What you will do
Copy out each line of the entries below in which the string "length" appears.

Collected data:

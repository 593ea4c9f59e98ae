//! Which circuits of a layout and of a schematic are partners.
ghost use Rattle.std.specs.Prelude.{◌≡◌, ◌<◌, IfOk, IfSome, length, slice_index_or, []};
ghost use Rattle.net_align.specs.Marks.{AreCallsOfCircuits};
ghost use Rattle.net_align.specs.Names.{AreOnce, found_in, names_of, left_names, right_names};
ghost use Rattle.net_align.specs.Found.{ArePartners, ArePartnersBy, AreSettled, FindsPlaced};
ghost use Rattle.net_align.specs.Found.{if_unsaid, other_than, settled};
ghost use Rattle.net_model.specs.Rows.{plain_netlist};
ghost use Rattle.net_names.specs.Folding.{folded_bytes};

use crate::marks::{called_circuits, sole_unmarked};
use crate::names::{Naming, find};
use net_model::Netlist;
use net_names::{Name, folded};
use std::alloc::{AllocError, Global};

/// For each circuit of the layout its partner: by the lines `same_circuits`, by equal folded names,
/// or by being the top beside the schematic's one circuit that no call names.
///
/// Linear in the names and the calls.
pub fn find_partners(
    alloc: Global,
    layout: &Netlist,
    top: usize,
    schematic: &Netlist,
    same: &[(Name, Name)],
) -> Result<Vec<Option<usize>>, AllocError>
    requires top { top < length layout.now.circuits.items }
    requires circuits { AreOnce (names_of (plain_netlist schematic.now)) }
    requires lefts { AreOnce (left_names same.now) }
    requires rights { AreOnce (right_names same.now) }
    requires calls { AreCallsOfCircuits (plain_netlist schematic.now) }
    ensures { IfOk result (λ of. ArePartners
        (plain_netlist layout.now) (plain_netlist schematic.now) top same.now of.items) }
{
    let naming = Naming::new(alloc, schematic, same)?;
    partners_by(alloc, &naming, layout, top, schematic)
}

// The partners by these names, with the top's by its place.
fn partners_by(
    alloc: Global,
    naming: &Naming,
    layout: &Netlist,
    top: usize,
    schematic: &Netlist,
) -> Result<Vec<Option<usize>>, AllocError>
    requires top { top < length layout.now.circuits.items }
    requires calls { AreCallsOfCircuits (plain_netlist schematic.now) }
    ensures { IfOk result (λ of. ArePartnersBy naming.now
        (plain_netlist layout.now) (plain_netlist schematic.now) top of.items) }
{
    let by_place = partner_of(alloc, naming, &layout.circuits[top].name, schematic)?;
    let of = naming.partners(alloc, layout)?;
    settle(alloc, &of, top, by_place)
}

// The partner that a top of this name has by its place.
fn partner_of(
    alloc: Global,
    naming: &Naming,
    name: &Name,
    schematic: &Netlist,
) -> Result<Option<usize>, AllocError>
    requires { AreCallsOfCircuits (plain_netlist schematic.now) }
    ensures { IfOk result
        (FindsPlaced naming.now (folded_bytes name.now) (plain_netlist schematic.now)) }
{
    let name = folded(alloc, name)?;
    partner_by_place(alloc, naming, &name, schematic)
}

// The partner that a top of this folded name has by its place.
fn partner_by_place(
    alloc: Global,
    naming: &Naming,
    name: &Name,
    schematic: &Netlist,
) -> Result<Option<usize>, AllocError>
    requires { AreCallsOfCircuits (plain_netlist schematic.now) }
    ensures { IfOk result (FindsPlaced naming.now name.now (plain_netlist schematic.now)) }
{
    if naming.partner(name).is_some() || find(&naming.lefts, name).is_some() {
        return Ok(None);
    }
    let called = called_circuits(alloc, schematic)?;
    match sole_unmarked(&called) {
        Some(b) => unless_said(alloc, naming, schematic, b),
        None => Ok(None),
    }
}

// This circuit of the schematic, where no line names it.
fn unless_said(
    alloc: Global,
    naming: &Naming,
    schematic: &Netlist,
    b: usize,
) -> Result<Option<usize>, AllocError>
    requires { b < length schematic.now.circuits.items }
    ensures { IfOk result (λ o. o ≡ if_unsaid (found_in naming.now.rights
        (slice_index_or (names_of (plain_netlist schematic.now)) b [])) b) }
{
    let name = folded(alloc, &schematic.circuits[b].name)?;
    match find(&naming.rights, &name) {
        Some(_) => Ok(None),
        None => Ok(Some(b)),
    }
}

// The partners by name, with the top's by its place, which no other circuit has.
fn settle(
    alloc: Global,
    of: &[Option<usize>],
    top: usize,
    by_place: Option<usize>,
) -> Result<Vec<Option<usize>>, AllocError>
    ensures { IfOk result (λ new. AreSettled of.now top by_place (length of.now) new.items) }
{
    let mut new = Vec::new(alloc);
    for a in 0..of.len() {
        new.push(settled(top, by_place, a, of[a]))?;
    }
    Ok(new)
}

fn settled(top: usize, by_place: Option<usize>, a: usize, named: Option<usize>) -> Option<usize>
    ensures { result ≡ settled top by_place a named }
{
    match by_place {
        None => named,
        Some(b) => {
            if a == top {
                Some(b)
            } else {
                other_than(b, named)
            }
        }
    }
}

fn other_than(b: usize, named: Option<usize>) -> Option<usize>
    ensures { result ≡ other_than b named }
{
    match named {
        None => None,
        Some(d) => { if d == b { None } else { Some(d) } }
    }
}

Response to this task
ghost use Rattle.std.specs.Prelude.{◌≡◌, ◌<◌, IfOk, IfSome, length, slice_index_or, []};
    requires top { top < length layout.now.circuits.items }
    requires top { top < length layout.now.circuits.items }
    requires { b < length schematic.now.circuits.items }
    ensures { IfOk result (λ new. AreSettled of.now top by_place (length of.now) new.items) }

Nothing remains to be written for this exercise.